Items from a dataset:
►
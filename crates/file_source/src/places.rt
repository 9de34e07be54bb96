//! A block from the first of its files that has one under its id.

ghost use Rattle.std.specs.Prelude.{◌≡◌, ◌≤◌, ◌↔◌, IfErr, IfOk, IsTrue};
ghost use Rattle.block_record.specs.Slips.{slip as slip_of};
ghost use Rattle.one_block.specs.Files.{IsSize};
ghost use Rattle.file_source.specs.Sources.{FetchAnswers, IsNamed, merged_of as merged_file};
ghost use Rattle.file_source.specs.Steps.{AllAnswers, FindAnswers, Judges};

use crate::search::first_under;
use block_record::{Block, Slip, SlipRef, copy_slip, into_slip};
use file_reader::FileReader;
use one_block::{StoreFault, forked_name, merged_name};
use outer_world::{FileName, Shelf};
use std::alloc::{AllocError, Global};

/// The block with this slip. It is looked for in the file of `forked/` that has its number and id,
/// then in the file of `merged/` with its number, then in that of `merged1000/`. The first record
/// with its id decides: a block with another slip is `StoredOther`. A file that is bad before such a
/// record is `ShelfBad`, and `Missing`, with the file of `merged/`, says that no file has one.
pub fn fetch<S: Shelf>(alloc: Global, shelf: &mut S, slip: &Slip) -> Result<Block, StoreFault>
    ensures answer { FetchAnswers (S.files shelf.old) slip.now
        (S.shelf_faults shelf.old) (S.shelf_faults shelf.new) result }
    ensures named { IfErr result (IsNamed slip.now) }
    ensures files { S.files shelf.new ≡ S.files shelf.old }
    ensures staged { S.staged shelf.new ≡ S.staged shelf.old }
    ensures later { S.shelf_faults shelf.old ≤ S.shelf_faults shelf.new }
{
    let (block, _) = find(alloc, shelf, slip)?;
    Ok(block)
}

/// The same, and the reader of the block's file, which stands after the block.
pub fn find<S: Shelf>(
    alloc: Global,
    shelf: &mut S,
    slip: &Slip,
) -> Result<(Block, FileReader), StoreFault>
    ensures answer { AllAnswers (S.files shelf.old) slip.now
        (S.shelf_faults shelf.old) (S.shelf_faults shelf.new) result }
    ensures files { S.files shelf.new ≡ S.files shelf.old }
    ensures staged { S.staged shelf.new ≡ S.staged shelf.old }
    ensures later { S.shelf_faults shelf.old ≤ S.shelf_faults shelf.new }
{
    let forked = forked_name(alloc, slip.num, &slip.id)?;
    if let Some(found) = find_in(alloc, shelf, forked, slip)? {
        return Ok(found);
    }
    let hundred = merged_of(alloc, 100, slip.num)?;
    if let Some(found) = find_in(alloc, shelf, hundred, slip)? {
        return Ok(found);
    }
    let thousand = merged_of(alloc, 1_000, slip.num)?;
    if let Some(found) = find_in(alloc, shelf, thousand, slip)? {
        return Ok(found);
    }
    let name = merged_of(alloc, 100, slip.num)?;
    Err(StoreFault::Missing { name })
}

/// The file of merged blocks of a size in which the number falls.
fn merged_of(alloc: Global, size: u64, num: u64) -> Result<FileName, AllocError>
    requires { IsSize size }
    ensures { IfOk result (λ name. name ≡ merged_file size num) }
{
    let name = merged_name(alloc, size, num - num % size)?;
    Ok(name)
}

/// The block with this slip in one of its files, and the file's reader, or none where the file is not
/// there or has no record with its id.
fn find_in<S: Shelf>(
    alloc: Global,
    shelf: &mut S,
    name: FileName,
    slip: &Slip,
) -> Result<Option<(Block, FileReader)>, StoreFault>
    ensures answer { FindAnswers (S.files shelf.old) slip.now name
        (S.shelf_faults shelf.old) (S.shelf_faults shelf.new) result }
    ensures files { S.files shelf.new ≡ S.files shelf.old }
    ensures staged { S.staged shelf.new ≡ S.staged shelf.old }
    ensures later { S.shelf_faults shelf.old ≤ S.shelf_faults shelf.new }
{
    if shelf.size(&name)?.is_none() {
        return Ok(None);
    }
    let mut file = FileReader::open(alloc, name);
    match first_under(alloc, shelf, &mut file, &slip.id)? {
        Some(block) => {
            let block = judge(block, slip)?;
            Ok(Some((block, file)))
        }
        None => Ok(None),
    }
}

/// The block, where it is the one that was asked for.
fn judge(block: Block, slip: &Slip) -> Result<Block, StoreFault>
    ensures { Judges slip.now block result }
{
    if is_asked(&block, slip) {
        Ok(block)
    } else {
        let kept = copy_slip(slip)?;
        let read = into_slip(block);
        Err(StoreFault::StoredOther { kept, read })
    }
}

/// Whether this is the slip of the block.
pub fn is_asked(block: &Block, slip: &Slip) -> bool
    ensures { IsTrue result ↔ (slip_of block.now ≡ slip.now) }
{
    SlipRef::of_block(block).is_same(slip)
}
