//! The fork database.

ghost use Rattle.std.specs.Prelude.{◌≡◌, ◌+◌, ◌<◌, ◌≤◌, [], length, reverse, OnOk, OnErr, IfOk, IfSome, IsOk, Some, None, Ok, Err, set, ℕ};
ghost use Rattle.std.specs.List.{slice_get};
ghost use Rattle.std.specs.Option.{option_copied, option_map};
ghost use Rattle.block_record.specs.declared.blocks.Slip.{Slip as SlipOf};
ghost use Rattle.block_record.specs.Slips.{slip as slip_of_block};
ghost use Rattle.chain_model.specs.Ancestry.{ancestry, find_id, IsHistory};
ghost use Rattle.chain_model.specs.Finality.{final_tip as final_tip_in, on_path as on_path_in, ClaimsAgree};
ghost use Rattle.chain_model.specs.Steps.{head as head_in};
ghost use Rattle.block_tree.specs.Places.{place_of, slip_at, slip_of, meeting};
ghost use Rattle.fork_db.specs.Claims.{IsLinkOf};
ghost use Rattle.fork_db.specs.Forks.{IsAppended};
ghost use Rattle.fork_db.specs.Verdicts.{verdict_of, fits};

use crate::claims::{Linked, claim_place, later_tip};
use crate::heads::Heads;
use crate::held::HeldBlocks;
use block_record::{Block, Id, Slip};
use block_tree::{BLOCKS_MAX, BlockTree};
use link_rows::Uncounted;
use std::alloc::{AllocError, Global};
use std::marker::Model;
use std::sync::Arc;

/// Whether a block may come next, or the first condition that it does not meet.
#[derive(Clone, Copy, PartialEq, Eq, Debug)]
pub enum Verdict {
    /// It may.
    Fits,
    /// Its id is there already.
    IdHeld,
    /// Its parent is missing.
    NoParent,
    /// Its parent has another number than it names, or one that is not below its own.
    ParentNumber,
    /// What it claims to be final and the final tip are not on one path.
    Disagrees,
}

/// Why a block was not appended, or room was not made.
#[derive(Clone, Copy, PartialEq, Eq, Debug)]
pub enum ForkFault {
    /// More blocks than the limit; so many are there.
    Full { len: u64 },
    /// There was no memory.
    Mem,
}

impl From<AllocError> for ForkFault {
    ghost use Rattle.fork_db.specs.declared.db.ForkFault.TheVariants.{Mem};

    ghost from_gives = { λ _ fault. fault ≡ Mem };

    fn from(_: AllocError) -> ForkFault {
        ForkFault::Mem
    }
}

/// A history with forks. Contracts see the history with its newest block first, the blocks that are
/// held by place, for how many more blocks there is room, and the limit.
#[derive(Drop)]
pub struct ForkDb {
    pub(crate) tree: BlockTree,
    pub(crate) claims: Vec<u32>,
    pub(crate) held: HeldBlocks,
    heads: Heads,
    limit: u64,
    pub(crate) tip: usize,
}

impl Model for ForkDb {
    ghost use Rattle.std.specs.Prelude.{◌≡◌, ◌≤◌, ◌+◌, length, reverse, vec_len, vec_capacity};
    ghost use Rattle.chain_model.specs.Ancestry.{IsHistory};
    ghost use Rattle.chain_model.specs.Finality.{final_tip as final_tip_in, ClaimsAgree};
    ghost use Rattle.block_tree.specs.Places.{slip_at};
    ghost use Rattle.fork_db.specs.Claims.{AreClaims};
    ghost use Rattle.fork_db.specs.Forks.{Forks, HoldsOwn};
    ghost use Rattle.fork_db.specs.Heads.{IsRanked};

    ghost Value = { Forks };

    ghost view = { λ t. record {
      history = t.tree.history;
      held = t.held.blocks;
      room = t.tree.room;
      limit = t.limit;
    } };

    ghost invariant = { λ t. AreClaims t.tree.history (reverse t.claims.items)
        × (slip_at t.tree.history t.tip ≡ final_tip_in t.tree.history)
        × ClaimsAgree t.tree.history
        × IsRanked t.tree.history t.heads.head t.heads.rivals
        × HoldsOwn t.tree.history t.held.blocks
        × (vec_len t.claims + t.tree.room ≤ vec_capacity t.claims)
        × (t.tree.room ≤ t.held.room)
        × (t.tree.room ≤ t.heads.room)
        × (length t.tree.history + t.tree.room ≤ t.limit)
        × IsHistory t.tree.history };
}

impl ForkDb {
    /// No block, and at most `limit` blocks.
    pub fn new(alloc: Global, limit: u64) -> Result<ForkDb, AllocError>
        ensures history { IfOk result (λ db. db.history ≡ []) }
        ensures held { IfOk result (λ db. db.held ≡ []) }
        ensures limit { IfOk result (λ db. db.limit ≡ limit) }
    {
        Ok(ForkDb {
            tree: BlockTree::new(alloc),
            claims: Vec::new(alloc),
            held: HeldBlocks::new(alloc),
            heads: Heads::new(alloc),
            limit,
            tip: 0,
        })
    }

    /// How many blocks there are. Their history is one, and its claims agree.
    pub fn len(&self) -> u64
        ensures len { result ≡ length self.now.history }
        ensures limit { result ≤ self.now.limit }
        ensures sound { IsHistory self.now.history }
        ensures agreed { ClaimsAgree self.now.history }
    {
        self.tree.len() as u64
    }

    /// The slip at a place.
    pub fn slip(&self, at: usize) -> &Slip
        requires { at < length self.now.history }
        ensures { slip_at self.now.history at ≡ Some result.now }
    {
        self.tree.slip(at)
    }

    /// The place of the block with this id.
    pub fn find(&self, id: &Id) -> Option<usize>
        ensures { result ≡ place_of self.now.history id.now }
    {
        self.tree.find(id)
    }

    /// The slip of the block with this id.
    pub fn find_slip(&self, id: &Id) -> Option<&Slip>
        ensures { option_copied result ≡ find_id self.now.history id.now }
    {
        self.tree.find_slip(id)
    }

    /// The head.
    pub fn head(&self) -> Option<usize>
        ensures head { slip_of self.now.history result ≡ head_in self.now.history }
        ensures range { IfSome result (λ at. at < length self.now.history) }
    {
        if self.tree.len() == 0 {
            return None;
        }
        Some(self.heads.head())
    }

    /// The last final block.
    pub fn final_tip(&self) -> Option<usize>
        ensures tip { slip_of self.now.history result ≡ final_tip_in self.now.history }
        ensures range { IfSome result (λ at. at < length self.now.history) }
    {
        if self.tree.len() == 0 {
            return None;
        }
        Some(self.tip)
    }

    /// Whether the first block is on the path of the second.
    pub fn on_path(&self, a: usize, b: usize) -> bool
        requires a_range { a < length self.now.history }
        requires b_range { b < length self.now.history }
        ensures { (x y : SlipOf) → slip_at self.now.history a ≡ Some x
            → slip_at self.now.history b ≡ Some y → result ≡ on_path_in self.now.history x y }
    {
        self.tree.on_path(a, b, &mut Uncounted)
    }

    /// The block at the index `depth` of the path of a block, where the path is that long.
    pub fn ancestor_at(&self, b: usize, depth: u64) -> Option<usize>
        requires { b < length self.now.history }
        ensures value { (y : SlipOf) → slip_at self.now.history b ≡ Some y
            → slip_of self.now.history result
            ≡ slice_get (reverse (ancestry self.now.history y.id)) depth }
        ensures range { IfSome result (λ at. at < length self.now.history) }
    {
        self.tree.up(b, depth, &mut Uncounted)
    }

    /// The last block that is on both paths.
    pub fn fork_point(&self, a: usize, b: usize) -> usize
        requires a_range { a < length self.now.history }
        requires b_range { b < length self.now.history }
        ensures value { (x y : SlipOf) → slip_at self.now.history a ≡ Some x
            → slip_at self.now.history b ≡ Some y → slip_at self.now.history result
            ≡ meeting (ancestry self.now.history x.id) (ancestry self.now.history y.id) }
        ensures range { result < length self.now.history }
    {
        self.tree.meet(a, b, &mut Uncounted)
    }

    /// The block at a place, where it is still held.
    pub fn held(&self, at: usize) -> Option<&Arc<Block>>
        requires { at < length self.now.history }
        ensures value { slice_get self.now.held at
            ≡ Some (option_map (λ b. b.now.value) result) }
        ensures own { IfSome result
            (λ b. slip_at self.now.history at ≡ Some (slip_of_block b.now.value)) }
    {
        self.held.get(at)
    }

    /// Gives up the block at a place. Its slip stays.
    pub fn release(&mut self, at: usize)
        requires { at < length self.old.history }
        ensures history { self.new.history ≡ self.old.history }
        ensures held { self.new.held ≡ set self.old.held at None }
        ensures room { self.new.room ≡ self.old.room }
        ensures limit { self.new.limit ≡ self.old.limit }
    {
        self.held.release(at);
    }

    /// For how many more blocks the limit has room.
    pub fn left(&self) -> u64
        ensures { length self.now.history + result ≡ self.now.limit }
    {
        self.limit - self.len()
    }

    /// Makes room for that many more blocks.
    pub fn reserve(&mut self, more: u64) -> Result<(), ForkFault>
        ensures history { self.new.history ≡ self.old.history }
        ensures held { self.new.held ≡ self.old.held }
        ensures limit { self.new.limit ≡ self.old.limit }
        ensures ok { OnOk result (more ≤ self.new.room) }
        ensures room { self.old.room ≤ self.new.room }
        ensures err { OnErr result (self.new.room ≡ self.old.room) }
        // `Full` comes exactly where more blocks would pass the limit.
        ensures full { (n : ℕ) → result ≡ Err (ForkFault.Full n)
            → (n ≡ length self.old.history) × (self.old.limit < n + more) }
        ensures within { length self.old.history ≤ self.old.limit }
        ensures ready { more ≤ self.old.room → IsOk result }
        ensures limited { self.old.limit < length self.old.history + more
            → result ≡ Err (ForkFault.Full (length self.old.history)) }
    {
        if more <= self.tree.room() {
            return Ok(());
        }
        if self.left() < more {
            return Err(ForkFault::Full { len: self.len() });
        }
        if more > BLOCKS_MAX {
            return Err(ForkFault::Mem);
        }
        self.claims.reserve(more as usize)?;
        self.held.reserve(more as u32)?;
        self.heads.reserve(more)?;
        self.tree.reserve(more)?;
        Ok(())
    }

    /// Appends a block that may come next, and gives its place. `slip` is the block's. Its payload is
    /// held where the block is given.
    pub fn append(&mut self, slip: Slip, block: Option<Arc<Block>>) -> Result<usize, ForkFault>
        requires slip { IfSome block (λ b. slip ≡ slip_of_block b.value) }
        requires fits { verdict_of self.old.history slip ≡ fits }
        ensures place { IfOk result (λ at. at ≡ length self.old.history) }
        ensures appended { OnOk result (IsAppended self.old self.new slip
            (option_map (λ b. b.value) block)) }
        ensures room { OnOk result (self.old.room ≤ self.new.room + 1) }
        ensures kept { OnErr result ((self.new.history ≡ self.old.history)
            × (self.new.held ≡ self.old.held) × (self.new.limit ≡ self.old.limit)
            × (self.new.room ≡ self.old.room)) }
        ensures succeeds { 0 < self.old.room → IsOk result }
        // `Full` comes exactly where the limit is reached.
        ensures full { (n : ℕ) → result ≡ Err (ForkFault.Full n)
            → (n ≡ length self.old.history) × (n ≡ self.old.limit) }
        ensures limited { self.old.limit ≡ length self.old.history
            → result ≡ Err (ForkFault.Full (length self.old.history)) }
    {
        self.reserve(1)?;
        let parent = self.tree.find(&slip.parent_id);
        let linked = self.link(parent, &slip);
        Ok(self.append_reserved(slip, block, linked))
    }

    /// The same for a block for which there is room, where it is linked. It takes no memory, and
    /// looks for neither its parent nor what it claims.
    pub fn append_reserved(
        &mut self,
        slip: Slip,
        block: Option<Arc<Block>>,
        linked: Linked,
    ) -> usize
        requires slip { IfSome block (λ b. slip ≡ slip_of_block b.value) }
        requires fits { verdict_of self.old.history slip ≡ fits }
        requires room { 0 < self.old.room }
        requires linked { IsLinkOf self.old.history slip linked }
        ensures place { result ≡ length self.old.history }
        ensures appended { IsAppended self.old self.new slip (option_map (λ b. b.value) block) }
        ensures room { self.new.room + 1 ≡ self.old.room }
    {
        let at = self.tree.len();
        let claim = claim_place(&self.tree, linked);
        self.tree.push(slip, linked.parent);
        self.claims.push_reserved(claim as u32);
        self.held.push(block);
        self.tip = later_tip(&self.tree, self.tip, claim);
        self.heads.add(&self.tree, self.tip);
        at
    }
}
◄
__Problem__:
Report how many lines of the records hold the word "IsAppended", and supply no other text.

__Task result__:
3